(Beginning of Data listing)

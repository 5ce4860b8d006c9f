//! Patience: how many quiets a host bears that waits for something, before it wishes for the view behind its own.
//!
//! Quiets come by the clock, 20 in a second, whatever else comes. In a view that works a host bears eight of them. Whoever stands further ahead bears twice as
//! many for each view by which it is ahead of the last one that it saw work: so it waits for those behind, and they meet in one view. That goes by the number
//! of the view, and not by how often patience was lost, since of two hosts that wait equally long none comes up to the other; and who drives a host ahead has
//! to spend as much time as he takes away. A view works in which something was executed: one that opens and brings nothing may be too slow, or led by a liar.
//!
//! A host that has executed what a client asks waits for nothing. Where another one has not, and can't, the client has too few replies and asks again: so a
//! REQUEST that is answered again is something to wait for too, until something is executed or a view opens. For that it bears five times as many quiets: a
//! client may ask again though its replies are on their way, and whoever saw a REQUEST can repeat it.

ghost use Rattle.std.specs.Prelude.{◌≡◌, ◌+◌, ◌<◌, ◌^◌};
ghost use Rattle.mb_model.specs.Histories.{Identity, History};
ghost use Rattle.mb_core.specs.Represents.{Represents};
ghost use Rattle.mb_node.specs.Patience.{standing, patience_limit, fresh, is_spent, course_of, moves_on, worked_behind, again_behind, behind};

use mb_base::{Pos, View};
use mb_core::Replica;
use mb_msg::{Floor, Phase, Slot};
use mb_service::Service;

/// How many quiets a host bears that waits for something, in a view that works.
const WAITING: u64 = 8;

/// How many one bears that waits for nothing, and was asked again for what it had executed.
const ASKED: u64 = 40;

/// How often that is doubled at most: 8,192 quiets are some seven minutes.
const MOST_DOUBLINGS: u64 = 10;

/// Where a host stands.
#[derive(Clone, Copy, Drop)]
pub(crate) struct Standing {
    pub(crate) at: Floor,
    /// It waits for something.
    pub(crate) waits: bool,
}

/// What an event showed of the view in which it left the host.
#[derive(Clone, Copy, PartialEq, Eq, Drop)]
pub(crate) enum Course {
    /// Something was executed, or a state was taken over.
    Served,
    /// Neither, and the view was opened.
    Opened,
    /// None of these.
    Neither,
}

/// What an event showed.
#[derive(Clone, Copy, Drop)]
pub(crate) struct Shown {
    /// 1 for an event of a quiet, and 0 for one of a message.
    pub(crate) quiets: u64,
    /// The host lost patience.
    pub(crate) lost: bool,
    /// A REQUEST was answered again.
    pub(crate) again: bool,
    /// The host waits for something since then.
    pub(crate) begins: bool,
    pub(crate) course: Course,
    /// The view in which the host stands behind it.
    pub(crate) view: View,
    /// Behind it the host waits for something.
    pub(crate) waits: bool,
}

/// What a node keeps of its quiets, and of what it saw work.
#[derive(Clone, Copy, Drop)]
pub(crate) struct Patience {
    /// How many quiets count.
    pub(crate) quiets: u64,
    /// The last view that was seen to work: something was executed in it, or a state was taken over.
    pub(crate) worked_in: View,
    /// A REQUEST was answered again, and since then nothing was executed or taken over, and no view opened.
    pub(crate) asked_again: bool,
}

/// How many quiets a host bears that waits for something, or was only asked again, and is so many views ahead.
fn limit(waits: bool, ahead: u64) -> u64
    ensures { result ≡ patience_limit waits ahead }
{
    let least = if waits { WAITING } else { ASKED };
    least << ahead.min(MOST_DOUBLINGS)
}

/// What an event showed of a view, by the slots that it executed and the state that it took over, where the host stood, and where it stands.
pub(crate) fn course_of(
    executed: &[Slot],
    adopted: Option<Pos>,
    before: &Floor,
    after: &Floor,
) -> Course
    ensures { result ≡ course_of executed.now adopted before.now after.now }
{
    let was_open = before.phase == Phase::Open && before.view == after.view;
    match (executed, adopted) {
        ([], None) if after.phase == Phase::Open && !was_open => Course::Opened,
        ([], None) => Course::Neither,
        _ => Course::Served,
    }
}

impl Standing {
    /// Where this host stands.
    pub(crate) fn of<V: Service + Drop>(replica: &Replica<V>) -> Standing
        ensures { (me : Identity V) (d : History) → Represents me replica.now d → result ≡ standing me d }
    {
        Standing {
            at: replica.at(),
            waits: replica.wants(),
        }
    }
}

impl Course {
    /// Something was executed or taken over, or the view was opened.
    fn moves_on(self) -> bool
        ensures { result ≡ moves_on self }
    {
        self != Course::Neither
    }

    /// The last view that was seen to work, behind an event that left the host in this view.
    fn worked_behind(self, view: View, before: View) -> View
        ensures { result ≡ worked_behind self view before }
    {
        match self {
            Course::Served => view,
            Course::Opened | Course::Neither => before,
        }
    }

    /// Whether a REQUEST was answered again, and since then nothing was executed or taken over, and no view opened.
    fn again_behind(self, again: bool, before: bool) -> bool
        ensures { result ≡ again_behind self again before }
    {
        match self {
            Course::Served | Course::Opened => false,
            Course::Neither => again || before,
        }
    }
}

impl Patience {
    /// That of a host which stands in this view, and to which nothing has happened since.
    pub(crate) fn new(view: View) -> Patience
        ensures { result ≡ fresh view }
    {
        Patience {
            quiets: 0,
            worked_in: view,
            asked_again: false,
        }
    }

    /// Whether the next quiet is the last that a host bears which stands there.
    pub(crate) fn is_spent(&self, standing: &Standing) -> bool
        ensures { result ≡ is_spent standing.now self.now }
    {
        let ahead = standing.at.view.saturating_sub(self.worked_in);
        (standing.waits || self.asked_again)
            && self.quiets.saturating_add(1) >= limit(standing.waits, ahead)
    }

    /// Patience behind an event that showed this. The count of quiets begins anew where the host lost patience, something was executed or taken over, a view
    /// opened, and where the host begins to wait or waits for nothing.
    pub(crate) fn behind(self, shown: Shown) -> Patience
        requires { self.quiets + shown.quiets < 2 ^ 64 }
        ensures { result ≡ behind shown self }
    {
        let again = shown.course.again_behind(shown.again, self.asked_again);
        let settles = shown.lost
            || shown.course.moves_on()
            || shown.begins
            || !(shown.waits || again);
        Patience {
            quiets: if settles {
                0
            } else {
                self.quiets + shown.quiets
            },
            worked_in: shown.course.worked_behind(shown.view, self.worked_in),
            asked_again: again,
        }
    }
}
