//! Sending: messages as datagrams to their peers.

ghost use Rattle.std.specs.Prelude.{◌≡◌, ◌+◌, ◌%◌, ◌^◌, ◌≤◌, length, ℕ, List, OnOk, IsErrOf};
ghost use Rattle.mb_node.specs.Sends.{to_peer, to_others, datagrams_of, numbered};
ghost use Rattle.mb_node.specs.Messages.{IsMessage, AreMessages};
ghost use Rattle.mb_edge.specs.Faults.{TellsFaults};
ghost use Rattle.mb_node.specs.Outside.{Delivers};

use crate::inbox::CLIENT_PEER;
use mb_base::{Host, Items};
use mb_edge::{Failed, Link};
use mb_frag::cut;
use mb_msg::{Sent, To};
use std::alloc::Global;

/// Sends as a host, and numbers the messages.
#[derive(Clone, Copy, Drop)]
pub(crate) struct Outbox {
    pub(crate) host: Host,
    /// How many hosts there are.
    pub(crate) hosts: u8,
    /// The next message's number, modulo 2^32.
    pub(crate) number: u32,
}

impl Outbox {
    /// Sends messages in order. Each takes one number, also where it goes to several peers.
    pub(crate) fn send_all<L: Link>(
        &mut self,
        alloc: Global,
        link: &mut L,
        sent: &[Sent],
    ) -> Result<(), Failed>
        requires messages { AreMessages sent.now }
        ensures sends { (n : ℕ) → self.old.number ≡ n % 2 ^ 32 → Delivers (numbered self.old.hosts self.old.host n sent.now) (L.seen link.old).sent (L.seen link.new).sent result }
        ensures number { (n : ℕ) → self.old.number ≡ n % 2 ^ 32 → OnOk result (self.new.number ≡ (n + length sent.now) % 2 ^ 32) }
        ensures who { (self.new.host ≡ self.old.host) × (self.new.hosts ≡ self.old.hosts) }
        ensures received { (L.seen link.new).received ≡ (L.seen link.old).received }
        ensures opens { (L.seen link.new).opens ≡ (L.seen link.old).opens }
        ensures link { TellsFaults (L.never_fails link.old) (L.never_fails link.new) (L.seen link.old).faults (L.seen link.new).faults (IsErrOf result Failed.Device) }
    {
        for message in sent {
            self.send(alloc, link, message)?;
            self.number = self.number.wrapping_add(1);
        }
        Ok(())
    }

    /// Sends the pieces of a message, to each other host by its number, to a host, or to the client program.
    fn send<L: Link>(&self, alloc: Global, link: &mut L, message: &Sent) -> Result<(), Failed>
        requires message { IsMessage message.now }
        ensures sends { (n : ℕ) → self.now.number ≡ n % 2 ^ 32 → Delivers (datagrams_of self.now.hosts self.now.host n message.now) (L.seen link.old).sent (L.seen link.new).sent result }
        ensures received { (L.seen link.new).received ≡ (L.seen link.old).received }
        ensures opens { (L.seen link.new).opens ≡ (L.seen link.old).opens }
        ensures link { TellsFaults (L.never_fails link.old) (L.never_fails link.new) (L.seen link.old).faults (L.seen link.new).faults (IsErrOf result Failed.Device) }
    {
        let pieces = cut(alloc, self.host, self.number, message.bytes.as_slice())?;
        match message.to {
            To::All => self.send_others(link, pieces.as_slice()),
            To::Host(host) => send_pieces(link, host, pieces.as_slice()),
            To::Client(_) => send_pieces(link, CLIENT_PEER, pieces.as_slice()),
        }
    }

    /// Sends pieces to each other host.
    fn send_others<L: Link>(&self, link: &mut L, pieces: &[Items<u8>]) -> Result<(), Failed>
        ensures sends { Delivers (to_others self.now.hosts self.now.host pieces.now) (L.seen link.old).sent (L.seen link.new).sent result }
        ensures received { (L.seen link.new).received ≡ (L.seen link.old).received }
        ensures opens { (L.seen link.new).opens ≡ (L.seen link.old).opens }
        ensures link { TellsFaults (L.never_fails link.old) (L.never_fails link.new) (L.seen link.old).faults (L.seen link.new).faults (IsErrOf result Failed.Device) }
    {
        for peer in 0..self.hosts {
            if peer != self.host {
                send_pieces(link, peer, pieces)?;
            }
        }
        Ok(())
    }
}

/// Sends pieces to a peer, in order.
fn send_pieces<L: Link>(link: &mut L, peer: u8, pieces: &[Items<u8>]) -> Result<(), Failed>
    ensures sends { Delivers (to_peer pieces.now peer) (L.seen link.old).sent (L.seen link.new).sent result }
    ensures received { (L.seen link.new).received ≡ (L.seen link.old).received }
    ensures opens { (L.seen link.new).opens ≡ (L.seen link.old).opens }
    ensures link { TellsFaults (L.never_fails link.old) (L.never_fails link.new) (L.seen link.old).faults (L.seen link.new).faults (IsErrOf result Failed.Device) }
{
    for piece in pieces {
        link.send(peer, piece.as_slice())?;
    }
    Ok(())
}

(End of Data listing)
(Beginning of Data listing)

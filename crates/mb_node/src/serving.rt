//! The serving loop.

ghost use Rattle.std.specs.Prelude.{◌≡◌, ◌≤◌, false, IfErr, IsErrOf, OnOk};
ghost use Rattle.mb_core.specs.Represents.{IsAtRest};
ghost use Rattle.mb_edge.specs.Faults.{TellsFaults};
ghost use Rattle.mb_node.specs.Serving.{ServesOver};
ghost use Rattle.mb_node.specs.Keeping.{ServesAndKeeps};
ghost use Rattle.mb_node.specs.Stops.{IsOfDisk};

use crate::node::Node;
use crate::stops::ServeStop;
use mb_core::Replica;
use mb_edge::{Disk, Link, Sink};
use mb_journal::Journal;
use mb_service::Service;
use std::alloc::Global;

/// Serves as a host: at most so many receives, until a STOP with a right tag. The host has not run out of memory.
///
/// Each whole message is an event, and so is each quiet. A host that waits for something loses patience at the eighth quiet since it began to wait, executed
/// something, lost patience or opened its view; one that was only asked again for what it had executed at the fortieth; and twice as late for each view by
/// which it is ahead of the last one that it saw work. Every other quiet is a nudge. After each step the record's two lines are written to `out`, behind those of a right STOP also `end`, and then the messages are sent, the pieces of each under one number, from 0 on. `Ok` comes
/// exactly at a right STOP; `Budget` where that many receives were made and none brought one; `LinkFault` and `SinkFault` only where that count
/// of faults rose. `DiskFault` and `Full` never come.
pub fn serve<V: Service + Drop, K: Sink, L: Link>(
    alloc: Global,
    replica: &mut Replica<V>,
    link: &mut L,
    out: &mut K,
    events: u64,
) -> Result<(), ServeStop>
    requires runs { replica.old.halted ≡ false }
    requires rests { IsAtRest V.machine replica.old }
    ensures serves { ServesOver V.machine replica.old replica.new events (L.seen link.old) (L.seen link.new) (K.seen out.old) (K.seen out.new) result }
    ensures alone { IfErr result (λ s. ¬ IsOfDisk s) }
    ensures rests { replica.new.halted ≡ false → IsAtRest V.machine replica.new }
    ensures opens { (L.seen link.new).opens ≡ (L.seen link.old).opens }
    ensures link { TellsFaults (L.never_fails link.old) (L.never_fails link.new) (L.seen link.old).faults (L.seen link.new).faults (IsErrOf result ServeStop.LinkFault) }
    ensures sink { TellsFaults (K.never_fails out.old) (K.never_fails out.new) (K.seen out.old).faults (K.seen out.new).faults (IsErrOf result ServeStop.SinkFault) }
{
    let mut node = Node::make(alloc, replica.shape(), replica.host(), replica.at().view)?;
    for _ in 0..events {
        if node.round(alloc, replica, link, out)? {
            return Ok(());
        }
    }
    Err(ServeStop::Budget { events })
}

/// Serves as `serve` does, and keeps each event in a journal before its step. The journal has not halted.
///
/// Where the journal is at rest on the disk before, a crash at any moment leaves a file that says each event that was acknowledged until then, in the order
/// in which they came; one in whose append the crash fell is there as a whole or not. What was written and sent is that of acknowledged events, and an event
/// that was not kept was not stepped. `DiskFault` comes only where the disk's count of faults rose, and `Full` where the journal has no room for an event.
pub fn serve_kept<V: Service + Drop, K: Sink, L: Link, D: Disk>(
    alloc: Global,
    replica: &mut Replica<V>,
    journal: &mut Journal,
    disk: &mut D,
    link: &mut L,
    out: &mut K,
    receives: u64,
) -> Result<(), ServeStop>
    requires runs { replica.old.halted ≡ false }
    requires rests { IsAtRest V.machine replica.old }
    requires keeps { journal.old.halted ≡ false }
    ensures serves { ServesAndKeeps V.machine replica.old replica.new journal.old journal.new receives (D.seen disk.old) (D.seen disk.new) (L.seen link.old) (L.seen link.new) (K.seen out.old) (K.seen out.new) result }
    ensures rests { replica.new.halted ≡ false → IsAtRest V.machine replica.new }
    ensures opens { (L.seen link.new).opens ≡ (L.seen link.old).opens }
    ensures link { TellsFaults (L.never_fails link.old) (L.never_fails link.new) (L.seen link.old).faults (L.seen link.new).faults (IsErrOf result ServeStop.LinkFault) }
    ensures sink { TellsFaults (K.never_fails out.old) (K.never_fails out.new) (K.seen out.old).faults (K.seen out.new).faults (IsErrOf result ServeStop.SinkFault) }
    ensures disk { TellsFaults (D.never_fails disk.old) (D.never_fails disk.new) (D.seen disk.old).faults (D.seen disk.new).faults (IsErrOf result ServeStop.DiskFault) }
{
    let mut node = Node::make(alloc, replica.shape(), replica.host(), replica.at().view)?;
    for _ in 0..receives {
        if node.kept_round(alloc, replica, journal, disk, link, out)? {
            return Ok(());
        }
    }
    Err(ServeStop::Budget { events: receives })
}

(End of Data listing)
(Beginning of Data listing)

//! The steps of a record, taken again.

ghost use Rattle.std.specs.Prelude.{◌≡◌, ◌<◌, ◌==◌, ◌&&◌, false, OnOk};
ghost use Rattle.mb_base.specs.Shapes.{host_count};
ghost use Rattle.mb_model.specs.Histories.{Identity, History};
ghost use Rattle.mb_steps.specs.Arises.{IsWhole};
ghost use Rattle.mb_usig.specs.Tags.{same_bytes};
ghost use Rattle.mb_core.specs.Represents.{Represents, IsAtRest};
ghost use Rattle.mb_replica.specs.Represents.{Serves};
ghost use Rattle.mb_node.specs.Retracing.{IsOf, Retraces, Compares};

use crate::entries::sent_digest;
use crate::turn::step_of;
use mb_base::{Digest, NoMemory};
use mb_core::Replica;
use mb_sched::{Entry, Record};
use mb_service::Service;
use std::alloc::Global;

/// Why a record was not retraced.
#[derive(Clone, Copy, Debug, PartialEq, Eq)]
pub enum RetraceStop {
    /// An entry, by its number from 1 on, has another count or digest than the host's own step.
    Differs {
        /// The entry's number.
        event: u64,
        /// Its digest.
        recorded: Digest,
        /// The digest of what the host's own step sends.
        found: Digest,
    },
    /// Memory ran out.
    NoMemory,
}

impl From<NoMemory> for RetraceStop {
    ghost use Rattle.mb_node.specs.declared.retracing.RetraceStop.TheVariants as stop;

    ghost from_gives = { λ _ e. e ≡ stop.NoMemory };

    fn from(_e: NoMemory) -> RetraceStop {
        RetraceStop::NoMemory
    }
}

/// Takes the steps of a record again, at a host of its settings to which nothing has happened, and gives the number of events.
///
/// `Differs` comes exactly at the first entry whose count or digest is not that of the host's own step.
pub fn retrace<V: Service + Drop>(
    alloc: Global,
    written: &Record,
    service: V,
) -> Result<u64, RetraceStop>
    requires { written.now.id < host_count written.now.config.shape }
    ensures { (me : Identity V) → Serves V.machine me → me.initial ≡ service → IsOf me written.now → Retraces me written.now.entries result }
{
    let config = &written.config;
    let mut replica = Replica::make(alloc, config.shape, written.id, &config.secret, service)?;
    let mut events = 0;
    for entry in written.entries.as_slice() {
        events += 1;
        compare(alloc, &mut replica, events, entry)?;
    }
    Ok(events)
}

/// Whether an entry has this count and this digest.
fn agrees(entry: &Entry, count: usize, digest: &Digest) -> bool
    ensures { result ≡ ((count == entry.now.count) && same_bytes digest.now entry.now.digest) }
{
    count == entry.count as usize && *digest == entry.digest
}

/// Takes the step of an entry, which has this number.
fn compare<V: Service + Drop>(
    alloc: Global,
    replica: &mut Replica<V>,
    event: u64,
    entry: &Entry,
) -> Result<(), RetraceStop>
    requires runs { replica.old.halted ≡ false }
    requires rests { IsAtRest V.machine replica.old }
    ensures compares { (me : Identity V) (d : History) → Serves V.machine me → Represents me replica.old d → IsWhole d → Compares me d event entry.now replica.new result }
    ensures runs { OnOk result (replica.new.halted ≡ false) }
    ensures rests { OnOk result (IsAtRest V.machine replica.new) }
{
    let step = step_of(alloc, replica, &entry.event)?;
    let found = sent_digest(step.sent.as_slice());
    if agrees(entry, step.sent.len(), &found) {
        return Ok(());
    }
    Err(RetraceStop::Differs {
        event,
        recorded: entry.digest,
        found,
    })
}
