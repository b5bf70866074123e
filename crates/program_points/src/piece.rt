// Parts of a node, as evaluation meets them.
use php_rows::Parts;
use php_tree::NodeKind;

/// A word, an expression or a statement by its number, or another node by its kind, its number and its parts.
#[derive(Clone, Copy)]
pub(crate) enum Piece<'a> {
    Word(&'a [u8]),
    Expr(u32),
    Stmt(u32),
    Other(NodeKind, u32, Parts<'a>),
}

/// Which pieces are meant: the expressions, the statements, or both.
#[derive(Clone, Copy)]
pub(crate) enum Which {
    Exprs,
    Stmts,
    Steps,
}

(End of Data listing)

**To do**
Only the lines above starting with the one with "(standing.waits || self.asked_again)" and going through the one with "to their peers." are to be copied, word for word and with both ends kept.

**Answer to this exercise**
        (standing.waits || self.asked_again)
            && self.quiets.saturating_add(1) >= limit(standing.waits, ahead)
    }

    /// Patience behind an event that showed this. The count of quiets begins anew where the host lost patience, something was executed or taken over, a view
    /// opened, and where the host begins to wait or waits for nothing.
    pub(crate) fn behind(self, shown: Shown) -> Patience
        requires { self.quiets + shown.quiets < 2 ^ 64 }
        ensures { result ≡ behind shown self }
    {
        let again = shown.course.again_behind(shown.again, self.asked_again);
        let settles = shown.lost
            || shown.course.moves_on()
            || shown.begins
            || !(shown.waits || again);
        Patience {
            quiets: if settles {
                0
            } else {
                self.quiets + shown.quiets
            },
            worked_in: shown.course.worked_behind(shown.view, self.worked_in),
            asked_again: again,
        }
    }
}
//! Sending: messages as datagrams to their peers.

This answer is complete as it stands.